Conclusions: The variable ranking and the selection for the SPUM-ACS Score highlight the relevance of age, markers of heart failure, and comorbidities for prediction of all-cause death. Before application, this score needs to be externally validated and refined in larger cohorts.

Clinical trial registration: NCT01000701.

Keywords: Acute Coronary Syndromes; GRACE 2.0 Score; Machine Learning; NT-proBNP; age.

Published on behalf of the European Society of Cardiology. All rights reserved. © The Author(s) 2021. For permissions, please email: journals.permissions@oup.com.

Figures

Summarizing scheme of GRACE 2.0 and ML-based risk score for 1-year mortality and putative impact. Analyses of baseline variables in ACS patients for risk of mortality at 1 year. Easily available variables from clinical assessment build the basis for the GRACE score.

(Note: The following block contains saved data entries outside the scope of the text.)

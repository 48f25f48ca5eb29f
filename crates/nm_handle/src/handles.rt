//! A rank that its caller drives.

ghost use Rattle.std.specs.Prelude.{◌≡◌, option_map};
ghost use Rattle.nm_handle.specs.Live.{live_after as live_after_lem, live_by as live_by_lem};
ghost use Rattle.nm_handle.specs.Live.{live_called as live_called_lem, live_turned as live_turned_lem};

use crate::states::State;
use crate::steps::{put, run, turn};
use crate::worlds::Shared;
use nm_calls::{Calls, Fault, check_range};
use nm_copyring::Rings;
use nm_port::Fabric;
use nm_process::Step;
use nm_rank::journal::Erased;
use nm_types::{Answer, Command, Memory, Packet, Shape};
use nm_world::Player;
use std::alloc::Global;
use std::sync::Arc;

/// A rank of a world: what its caller has of it. One thread has it at a time.
pub struct Handle {
    pub(crate) fabric: Arc<Fabric<Packet>, Global>,
    pub(crate) rings: Arc<Rings, Global>,
    pub(crate) player: Player<Calls, Erased>,
    pub(crate) shape: Shape,
    pub(crate) state: State,
    // how many requests are live
    pub(crate) live: u32,
}

impl Drop for Handle {
    fn drop(self) {
        let Handle {
            fabric: _,
            rings: _,
            player: _,
            shape: _,
            state: _,
            live: _,
        } = self;
    }
}

// How many requests are live after an answer, where so many were before.
fn live_by(answer: &Answer, live: u32) -> u32
    ensures { result ≡ live_by_lem answer.now live }
{
    match answer {
        Answer::Started => live.saturating_add(1),
        Answer::Sent => live.saturating_sub(1),
        Answer::Got { .. } => live.saturating_sub(1),
        Answer::Cut { .. } => live.saturating_sub(1),
        Answer::Cancelled => live.saturating_sub(1),
        Answer::Busy => live,
        Answer::Null => live,
        Answer::No => live,
        Answer::Nothing => live,
        Answer::Seen(_) => live,
        Answer::Done => live,
        Answer::Late => live,
        Answer::Asked => live,
    }
}

// So it is where a command ran.
fn live_after(answer: Option<&Answer>, live: u32) -> u32
    ensures { result ≡ live_after_lem (option_map (λ a. a.now) answer.entry) live }
{
    match answer {
        Some(answer) => live_by(answer, live),
        None => live,
    }
}

// So it is after a call that came to this.
fn live_called(step: Step, answer: Option<&Answer>, live: u32) -> u32
    ensures { result ≡ live_called_lem step (option_map (λ a. a.now) answer.entry) live }
{
    match step {
        Step::Ran => live_after(answer, live),
        Step::Waits => live,
    }
}

// So it is after a turn, before and after which a command was ahead, or none was.
fn live_turned(waited: bool, waits: bool, answer: Option<&Answer>, live: u32) -> u32
    ensures { result ≡ live_turned_lem waited waits (option_map (λ a. a.now) answer.entry) live }
{
    match (waited, waits) {
        (true, false) => live_after(answer, live),
        (true, true) => live,
        (false, _) => live,
    }
}

impl Handle {
    ghost use Rattle.std.specs.Prelude.{◌≡◌, ◌≢◌, ◌+◌, ◌<◌, ◌≤◌, ◌⊎◌, true, None, Some, IfErr, IfOk, IsSome, OnErr, is_some, length, option_map};
    ghost use Rattle.std.specs.Arc.{arc_value};
    ghost use Rattle.nm_types.specs.Limits.{is_in_range};
    ghost use Rattle.nm_rank.specs.Ranks.{IsFresh};
    ghost use Rattle.nm_calls.specs.Calling.{gave, shown};
    ghost use Rattle.nm_calls.specs.declared.faults.Fault.TheVariants as fault;
    ghost use Rattle.nm_process.specs.LastAnswer.{last_answer};
    ghost use Rattle.nm_world.specs.Actors.{did};
    ghost use Rattle.nm_world.specs.Players.{PlayerInvariant};
    ghost use Rattle.nm_handle.specs.Live.{has_to_send as has_to_send_lem};
    ghost use Rattle.nm_handle.specs.Standing.{HasCalled, HasGiven, HasTurned, IsCause, Stands, calls_of, process_of};
    ghost use Rattle.nm_handle.specs.declared.states.State.TheVariants as state_is;

    /// The number of its rank.
    pub fn me(&self) -> u8
        ensures { result ≡ (process_of self.now).rank.me }
    {
        self.player.actor.process.me()
    }

    /// How many ranks its world has.
    pub fn ranks(&self) -> u8
        ensures { result ≡ (calls_of self.now).ranks }
    {
        self.player.source.ranks()
    }

    /// The shape of its world.
    pub fn shape(&self) -> Shape
        ensures { result ≡ self.now.shape }
    {
        self.shape
    }

    /// One share more in what the ranks of its world share.
    pub fn share(&self) -> Result<Shared, Memory>
        ensures { IfOk result (λ s. (arc_value s.fabric ≡ arc_value self.now.fabric)
            × (arc_value s.rings ≡ arc_value self.now.rings)) }
    {
        let fabric = Arc::try_clone(&self.fabric)?;
        let rings = Arc::try_clone(&self.rings)?;
        Ok(Shared { fabric, rings })
    }

    // Whether this is shared in its world: then one share more of its own is one more there. No clause counts them.
    pub(crate) fn is_in(&self, shared: &Shared) -> Result<bool, Memory> {
        let before = Arc::strong_count(&shared.fabric);
        let _own = Arc::try_clone(&self.fabric)?;
        Ok(Arc::strong_count(&shared.fabric) > before)
    }

    /// Whether it takes calls.
    pub fn state(&self) -> State
        ensures { result ≡ self.now.state }
    {
        self.state
    }

    /// How many of its requests are live: one more where a call started one, one less where its result was given.
    pub fn live(&self) -> u32
        ensures { result ≡ self.now.live }
    {
        self.live
    }

    /// Whether packets or bytes of its messages are still to be sent.
    pub fn has_to_send(&self) -> bool
        ensures { result ≡ has_to_send_lem self.now }
    {
        let rank = self.player.actor.process.rank();
        rank.front_to().is_some() || rank.has_piece()
    }

    /// Whether a command that was given has still to run.
    pub fn waits(&self) -> bool
        ensures { result ≡ is_some (calls_of self.now).next }
    {
        self.player.source.waits()
    }

    /// The answer of its last call, if nothing happened since.
    pub fn answer(&self) -> Option<&Answer>
        ensures { option_map (λ a. a.now) result ≡ last_answer (process_of self.now).rank.events }
    {
        self.player.actor.process.last_answer()
    }

    // That it takes calls.
    fn check_open(&self) -> Result<(), Fault>
        ensures ok { IfOk result (λ _. self.now.state ≡ state_is.Open) }
        ensures err { IfErr result (λ e.
            ((e ≡ fault.Closed) × (self.now.state ≡ state_is.Closed))
            ⊎ ((e ≡ fault.Failed) × (self.now.state ≡ state_is.Failed))) }
    {
        match self.state {
            State::Open => Ok(()),
            State::Closed => Err(Fault::Closed),
            State::Failed => Err(Fault::Failed),
        }
    }

    // That no command that was given has still to run.
    fn check_idle(&self) -> Result<(), Fault>
        ensures ok { IfOk result (λ _. (calls_of self.now).next ≡ None) }
        ensures err { IfErr result (λ e. (e ≡ fault.Waits) × IsSome (calls_of self.now).next) }
    {
        if self.waits() {
            Err(Fault::Waits)
        } else {
            Ok(())
        }
    }

    // The line of the next call.
    fn line(&self) -> Result<u64, Fault>
        ensures ok { IfOk result (λ line. (line ≡ (calls_of self.now).at + 2)
            × ((calls_of self.now).at < 18446744073709551610)) }
        ensures err { IfErr result (λ e. (e ≡ fault.Worn)
            × ((¬ IsFresh (process_of self.now).rank) ⊎ (18446744073709551610 ≤ (calls_of self.now).at))) }
    {
        if self.player.actor.process.rank().is_worn() {
            return Err(Fault::Worn);
        }
        match self.player.source.line() {
            Some(line) => Ok(line),
            None => Err(Fault::Worn),
        }
    }

    /// Runs a command at once, if it can go on: only a wait and an await can be unable to.
    ///
    /// Where memory is refused the rank has failed. No other rank notices but by messages that do not come.
    pub fn call(&mut self, command: &Command) -> Result<Step, Fault>
        requires stands { Stands self.old }
        ensures kept { Stands self.new }
        ensures ran { IfOk result (HasCalled command.now self.old self.new) }
        ensures cause { IfErr result (IsCause self.old command.now) }
        ensures refused { IfErr result (λ e. e ≢ fault.Memory → self.new ≡ self.old) }
    {
        self.check_open()?;
        self.check_idle()?;
        check_range(self.player.source.ranks(), command)?;
        let line = self.line()?;
        self.run(command, line)
    }

    /// Gives a command that turns run as soon as it can go on, as MPI's blocking calls do. Till then no other one is
    /// taken.
    pub fn give(&mut self, command: Command) -> Result<(), Fault>
        requires stands { Stands self.old }
        ensures kept { Stands self.new }
        ensures given { IfOk result (λ _. HasGiven command self.old self.new) }
        ensures cause { IfErr result (IsCause self.old command) }
        ensures refused { OnErr result (self.new ≡ self.old) }
    {
        self.check_open()?;
        self.check_idle()?;
        check_range(self.player.source.ranks(), &command)?;
        self.line()?;
        put(&mut self.player, &self.fabric, &self.rings, command);
        Ok(())
    }

    // Runs a command that is in range at its line.
    fn run(&mut self, command: &Command, line: u64) -> Result<Step, Fault>
        requires opened { self.old.state ≡ state_is.Open }
        requires stands { PlayerInvariant shown gave (arc_value self.old.fabric) (arc_value self.old.rings)
            self.old.player }
        requires in_range { is_in_range (calls_of self.old).ranks command.now ≡ true }
        requires line { (line ≡ (calls_of self.old).at + 2) × ((calls_of self.old).at < 18446744073709551610) }
        requires idle { (calls_of self.old).next ≡ None }
        ensures kept { Stands self.new }
        ensures ran { IfOk result (HasCalled command.now self.old self.new) }
        ensures err { IfErr result (λ e. e ≡ fault.Memory) }
    {
        self.state = State::Failed;
        let step = run(&mut self.player, &self.fabric, &self.rings, command, line)?;
        self.state = State::Open;
        let live = live_called(step, self.answer(), self.live);
        self.live = live;
        Ok(step)
    }

    /// A turn of its rank, whether it is open or closed: it sends and pushes what there is, and takes what came. It
    /// answers whether that was anything.
    pub fn progress(&mut self) -> Result<bool, Fault>
        requires stands { Stands self.old }
        ensures kept { Stands self.new }
        ensures turned { IfOk result (λ _. HasTurned self.old self.new) }
        ensures moved { IfOk result (λ moved.
            moved ≡ did (arc_value self.old.fabric).ranks self.old.player.actor self.new.player.actor) }
        ensures cause { IfErr result (λ e. (e ≡ fault.Memory)
            ⊎ ((e ≡ fault.Failed) × (self.old.state ≡ state_is.Failed) × (self.new ≡ self.old))) }
    {
        match self.state {
            State::Failed => Err(Fault::Failed),
            state => self.turn(state),
        }
    }

    // A turn of a rank that has not failed.
    fn turn(&mut self, state: State) -> Result<bool, Fault>
        requires state { (state ≡ self.old.state) × (state ≢ state_is.Failed) }
        requires stands { Stands self.old }
        ensures kept { Stands self.new }
        ensures turned { IfOk result (λ _. HasTurned self.old self.new) }
        ensures moved { IfOk result (λ moved.
            moved ≡ did (arc_value self.old.fabric).ranks self.old.player.actor self.new.player.actor) }
        ensures err { IfErr result (λ e. e ≡ fault.Memory) }
    {
        let waited = self.player.source.waits();
        self.state = State::Failed;
        let moved = turn(&mut self.player, &self.fabric, &self.rings)?;
        self.state = state;
        let waits = self.player.source.waits();
        let live = live_turned(waited, waits, self.answer(), self.live);
        self.live = live;
        Ok(moved)
    }

    /// Takes no call from now on. It can still make turns.
    pub fn close(&mut self) -> Result<(), Fault>
        requires stands { Stands self.old }
        ensures kept { Stands self.new }
        ensures ok { IfOk result (λ _. (self.old.state ≡ state_is.Open)
            × (self.new ≡ record self.old { state = state_is.Closed })) }
        ensures err { OnErr result (self.new ≡ self.old) }
        ensures cause { IfErr result (λ e.
            ((e ≡ fault.Closed) × (self.old.state ≡ state_is.Closed))
            ⊎ ((e ≡ fault.Failed) × (self.old.state ≡ state_is.Failed))) }
    {
        match self.state {
            State::Open => {
                self.state = State::Closed;
                Ok(())
            }
            State::Closed => Err(Fault::Closed),
            State::Failed => Err(Fault::Failed),
        }
    }

    /// Its player, and whether it takes calls.
    pub(crate) fn into_player(self) -> (Player<Calls, Erased>, State)
        ensures { (result.0 ≡ self.player) × (result.1 ≡ self.state) }
    {
        let Handle {
            fabric: _,
            rings: _,
            player,
            shape: _,
            state,
            live: _,
        } = self;
        (player, state)
    }
}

The ML-derived multivariate SPUM-ACS risk score improves risk prediction compared to the GRACE 2.0 score.

Figure 1

AUCs of models predicting all-cause death at 1 year – numerous candidate risk scores improve risk prediction above GRACE 2.0. This figure shows model performance in terms of the five-fold cross-validated AUC score. A total of 1’420’494’075 models were obtained by combining the 56 baseline variables in all possible 8-variable models. The GRACE 2.0 Score performance is marked in black (AUC 0.815), the overall best and the overall best practical models’ performances are highlighted in red (AUC 0.866) and green (AUC 0.865) respectively. 17’857’817 (1.3%) models perform better than the GRACE 2.0 Score (blue curve segment on the left) (214’256’356 (15.1%) better than the GRACE 1.0 Score).

Figure 2

SPUM-ACS Score calculator available as online supplemental file “SPUM-ACS Score.html”.

Figure 3

Ranking of features according to their importance across all multivariate models shows the role of age, atherosclerosis burden, heart damage, inflammation, and novel biomarkers for 1-year all-cause mortality risk stratification. The variables on the left are ranked and each entry indicates whether the variable on the left has a certain minimum rank (column) with a certain probability (colour coding), e.g. age appears on rank 4 or better with probability close to 1, while OAC has only a minimum rank of 43 with probability 50%. The blue/orange/blue lines indicate the minimum rank that a variable achieves with probability 25%/50%/75%.

Figure 4

Variable contribution to the performance of the SPUM-ACS Score. The SPUM-ACS Score model achieves AUC 0.86 while GRACE 2.0 achieves 0.81 (GRACE 1.0 achieves 0.78); the bars indicate how much the performance drops if the respective variable is being replaced by the next best practical variable, e.g. the model where we replace the LVEF variable is 0.006 AUC worse than the original model, while replacing Killip class in the SPUM-ACS model incurs a lesser drop in model performance, hence LVEF plays a more important role for this model.

Figure 5

Pairwise correlations of variable occurrence in models outperforming GRACE 2.0. This scheme illustrates the degree to which variables complement each other in good models: Each node in the network corresponds to one variable. Its colour indicates a cluster membership. Clusters mark variables that are better combinable than expected based on both their ranks. Gray links mark good combinations of variables in different clusters, while coloured links highlight good inter-cluster combinations. The thicker a line, the higher is the correlation to appear together in good models. We only visualize the biggest 5% of positive correlations. Links that are realized in our score are highlighted with black borders. The two strongest correlations between CPR—NT-proBNP and h/o malignancy—NT-proBNP are among them.